All lines in the entries below that hold "Differs" make up the answer.

[Data for this task — start]

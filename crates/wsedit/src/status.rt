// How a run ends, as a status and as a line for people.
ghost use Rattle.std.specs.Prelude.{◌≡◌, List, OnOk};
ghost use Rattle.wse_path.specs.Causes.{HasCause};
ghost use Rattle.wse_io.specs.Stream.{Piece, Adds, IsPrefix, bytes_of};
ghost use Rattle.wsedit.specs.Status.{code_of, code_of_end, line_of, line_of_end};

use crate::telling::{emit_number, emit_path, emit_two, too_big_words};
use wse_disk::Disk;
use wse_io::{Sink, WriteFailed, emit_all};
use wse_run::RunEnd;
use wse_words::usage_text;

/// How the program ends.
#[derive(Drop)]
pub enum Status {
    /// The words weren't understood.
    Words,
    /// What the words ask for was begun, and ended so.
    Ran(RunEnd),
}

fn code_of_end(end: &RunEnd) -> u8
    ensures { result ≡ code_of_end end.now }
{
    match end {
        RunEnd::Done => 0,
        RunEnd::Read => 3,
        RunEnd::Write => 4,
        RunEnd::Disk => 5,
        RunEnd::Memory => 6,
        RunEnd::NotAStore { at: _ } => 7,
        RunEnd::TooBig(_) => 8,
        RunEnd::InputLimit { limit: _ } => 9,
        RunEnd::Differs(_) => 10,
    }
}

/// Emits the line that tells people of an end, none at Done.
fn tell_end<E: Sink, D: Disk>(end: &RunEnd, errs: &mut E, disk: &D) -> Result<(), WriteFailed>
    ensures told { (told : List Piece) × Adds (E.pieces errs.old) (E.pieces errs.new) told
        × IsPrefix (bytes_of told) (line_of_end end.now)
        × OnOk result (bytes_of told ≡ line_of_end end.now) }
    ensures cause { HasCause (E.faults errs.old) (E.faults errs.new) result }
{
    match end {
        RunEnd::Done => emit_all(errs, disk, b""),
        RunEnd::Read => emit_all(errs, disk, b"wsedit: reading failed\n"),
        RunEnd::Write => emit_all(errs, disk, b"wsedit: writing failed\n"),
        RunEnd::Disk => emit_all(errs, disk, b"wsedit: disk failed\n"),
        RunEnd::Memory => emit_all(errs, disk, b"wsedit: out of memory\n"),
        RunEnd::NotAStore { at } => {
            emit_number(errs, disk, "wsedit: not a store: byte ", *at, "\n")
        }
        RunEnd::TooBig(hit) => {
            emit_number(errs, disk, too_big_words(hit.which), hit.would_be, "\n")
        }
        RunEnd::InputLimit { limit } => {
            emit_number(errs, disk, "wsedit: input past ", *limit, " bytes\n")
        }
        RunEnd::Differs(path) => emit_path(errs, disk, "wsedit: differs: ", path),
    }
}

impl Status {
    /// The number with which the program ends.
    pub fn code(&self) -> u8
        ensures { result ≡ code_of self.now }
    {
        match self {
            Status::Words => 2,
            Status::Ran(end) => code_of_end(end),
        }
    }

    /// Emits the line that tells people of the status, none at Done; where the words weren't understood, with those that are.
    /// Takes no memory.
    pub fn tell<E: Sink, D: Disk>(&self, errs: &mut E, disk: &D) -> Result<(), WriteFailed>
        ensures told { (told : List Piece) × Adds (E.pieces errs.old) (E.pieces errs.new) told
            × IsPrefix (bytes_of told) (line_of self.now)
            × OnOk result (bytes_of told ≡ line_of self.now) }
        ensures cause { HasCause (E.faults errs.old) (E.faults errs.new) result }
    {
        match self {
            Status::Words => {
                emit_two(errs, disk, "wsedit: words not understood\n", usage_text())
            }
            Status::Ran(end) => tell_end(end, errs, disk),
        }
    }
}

[Data for this task — finish]
[Data for this task — start]

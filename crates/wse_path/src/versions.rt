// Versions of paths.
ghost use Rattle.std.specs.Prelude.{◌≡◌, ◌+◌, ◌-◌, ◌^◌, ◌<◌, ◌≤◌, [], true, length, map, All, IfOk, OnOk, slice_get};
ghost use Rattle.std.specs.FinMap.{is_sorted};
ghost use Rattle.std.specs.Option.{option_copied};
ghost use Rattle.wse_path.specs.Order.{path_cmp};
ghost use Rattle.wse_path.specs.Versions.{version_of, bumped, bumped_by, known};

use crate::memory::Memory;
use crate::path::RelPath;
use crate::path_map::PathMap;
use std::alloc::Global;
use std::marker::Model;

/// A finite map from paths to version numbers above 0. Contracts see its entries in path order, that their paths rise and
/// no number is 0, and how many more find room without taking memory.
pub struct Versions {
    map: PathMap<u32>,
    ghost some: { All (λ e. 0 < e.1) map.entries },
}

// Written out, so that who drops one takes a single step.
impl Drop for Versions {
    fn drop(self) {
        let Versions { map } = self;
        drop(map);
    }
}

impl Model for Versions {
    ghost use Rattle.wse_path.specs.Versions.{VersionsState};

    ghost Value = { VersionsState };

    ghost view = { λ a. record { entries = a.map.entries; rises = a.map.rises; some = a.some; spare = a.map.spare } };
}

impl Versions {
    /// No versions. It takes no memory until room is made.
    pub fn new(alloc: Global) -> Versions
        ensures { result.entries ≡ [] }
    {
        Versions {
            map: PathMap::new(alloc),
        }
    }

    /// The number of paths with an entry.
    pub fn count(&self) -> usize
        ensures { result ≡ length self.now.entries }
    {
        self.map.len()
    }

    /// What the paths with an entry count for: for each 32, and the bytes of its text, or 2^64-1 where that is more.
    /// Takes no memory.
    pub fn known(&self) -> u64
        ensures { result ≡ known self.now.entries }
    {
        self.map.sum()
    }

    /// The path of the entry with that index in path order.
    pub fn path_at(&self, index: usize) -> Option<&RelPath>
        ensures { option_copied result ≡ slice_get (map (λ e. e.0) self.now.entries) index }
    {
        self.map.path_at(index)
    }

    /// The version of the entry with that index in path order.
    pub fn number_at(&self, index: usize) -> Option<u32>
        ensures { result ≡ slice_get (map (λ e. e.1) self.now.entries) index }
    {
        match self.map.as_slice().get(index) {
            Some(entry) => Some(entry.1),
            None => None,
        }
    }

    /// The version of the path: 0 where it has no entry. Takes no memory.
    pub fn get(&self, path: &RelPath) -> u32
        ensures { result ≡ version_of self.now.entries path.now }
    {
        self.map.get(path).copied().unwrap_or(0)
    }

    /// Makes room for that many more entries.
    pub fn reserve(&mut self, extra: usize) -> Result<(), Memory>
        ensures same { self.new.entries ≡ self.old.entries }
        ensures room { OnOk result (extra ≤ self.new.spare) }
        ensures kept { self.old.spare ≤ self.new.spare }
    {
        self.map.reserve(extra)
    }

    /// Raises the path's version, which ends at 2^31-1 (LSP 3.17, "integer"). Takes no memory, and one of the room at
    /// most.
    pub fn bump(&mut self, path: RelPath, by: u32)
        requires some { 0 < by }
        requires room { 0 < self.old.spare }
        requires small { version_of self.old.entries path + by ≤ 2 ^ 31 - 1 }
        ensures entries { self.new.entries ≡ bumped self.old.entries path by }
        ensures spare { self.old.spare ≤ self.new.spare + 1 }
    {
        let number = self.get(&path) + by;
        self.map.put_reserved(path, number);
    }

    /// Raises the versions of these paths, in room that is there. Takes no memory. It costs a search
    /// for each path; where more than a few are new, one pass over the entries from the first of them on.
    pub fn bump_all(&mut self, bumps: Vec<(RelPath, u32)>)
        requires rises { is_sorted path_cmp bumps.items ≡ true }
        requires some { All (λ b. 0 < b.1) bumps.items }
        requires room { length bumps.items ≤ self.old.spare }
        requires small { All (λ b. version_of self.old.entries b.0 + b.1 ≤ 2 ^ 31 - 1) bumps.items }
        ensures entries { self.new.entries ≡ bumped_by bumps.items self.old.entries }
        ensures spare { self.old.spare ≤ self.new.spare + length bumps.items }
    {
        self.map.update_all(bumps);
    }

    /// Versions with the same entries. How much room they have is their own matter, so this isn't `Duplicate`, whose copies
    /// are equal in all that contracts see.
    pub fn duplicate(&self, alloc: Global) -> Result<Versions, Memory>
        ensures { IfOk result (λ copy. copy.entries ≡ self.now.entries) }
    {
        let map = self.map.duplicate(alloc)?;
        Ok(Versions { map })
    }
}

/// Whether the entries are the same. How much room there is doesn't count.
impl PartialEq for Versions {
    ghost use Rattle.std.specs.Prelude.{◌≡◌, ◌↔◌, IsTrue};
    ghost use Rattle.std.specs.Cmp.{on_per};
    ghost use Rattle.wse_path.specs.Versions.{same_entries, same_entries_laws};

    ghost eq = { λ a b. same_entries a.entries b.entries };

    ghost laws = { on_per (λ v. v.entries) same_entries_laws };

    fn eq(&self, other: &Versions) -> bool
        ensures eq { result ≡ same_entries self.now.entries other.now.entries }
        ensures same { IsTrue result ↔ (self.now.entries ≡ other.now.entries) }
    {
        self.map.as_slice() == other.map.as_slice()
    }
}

[Data for this task — finish]
[Data for this task — start]

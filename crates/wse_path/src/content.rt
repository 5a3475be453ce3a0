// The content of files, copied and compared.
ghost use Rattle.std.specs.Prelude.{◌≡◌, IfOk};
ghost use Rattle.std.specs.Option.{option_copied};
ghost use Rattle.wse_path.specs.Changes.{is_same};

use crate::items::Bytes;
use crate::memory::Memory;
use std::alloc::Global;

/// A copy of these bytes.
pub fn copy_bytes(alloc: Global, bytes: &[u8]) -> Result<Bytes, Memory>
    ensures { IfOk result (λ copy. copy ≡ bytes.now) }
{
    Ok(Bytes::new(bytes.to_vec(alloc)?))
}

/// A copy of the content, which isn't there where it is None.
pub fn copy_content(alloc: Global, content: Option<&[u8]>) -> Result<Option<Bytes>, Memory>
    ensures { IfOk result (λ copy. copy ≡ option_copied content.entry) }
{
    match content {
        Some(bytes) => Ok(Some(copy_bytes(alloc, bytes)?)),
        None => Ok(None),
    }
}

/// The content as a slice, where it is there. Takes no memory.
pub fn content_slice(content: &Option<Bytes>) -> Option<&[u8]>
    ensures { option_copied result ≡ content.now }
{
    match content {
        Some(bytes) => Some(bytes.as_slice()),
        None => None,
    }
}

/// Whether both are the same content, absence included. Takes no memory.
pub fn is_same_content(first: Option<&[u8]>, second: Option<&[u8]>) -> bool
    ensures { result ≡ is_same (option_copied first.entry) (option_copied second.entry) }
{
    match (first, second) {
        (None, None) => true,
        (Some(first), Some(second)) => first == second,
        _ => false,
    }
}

[Data for this task — finish]

» **Result of the exercise**:
        RunEnd::Differs(_) => 10,
        RunEnd::Differs(path) => emit_path(errs, disk, "wsedit: differs: ", path),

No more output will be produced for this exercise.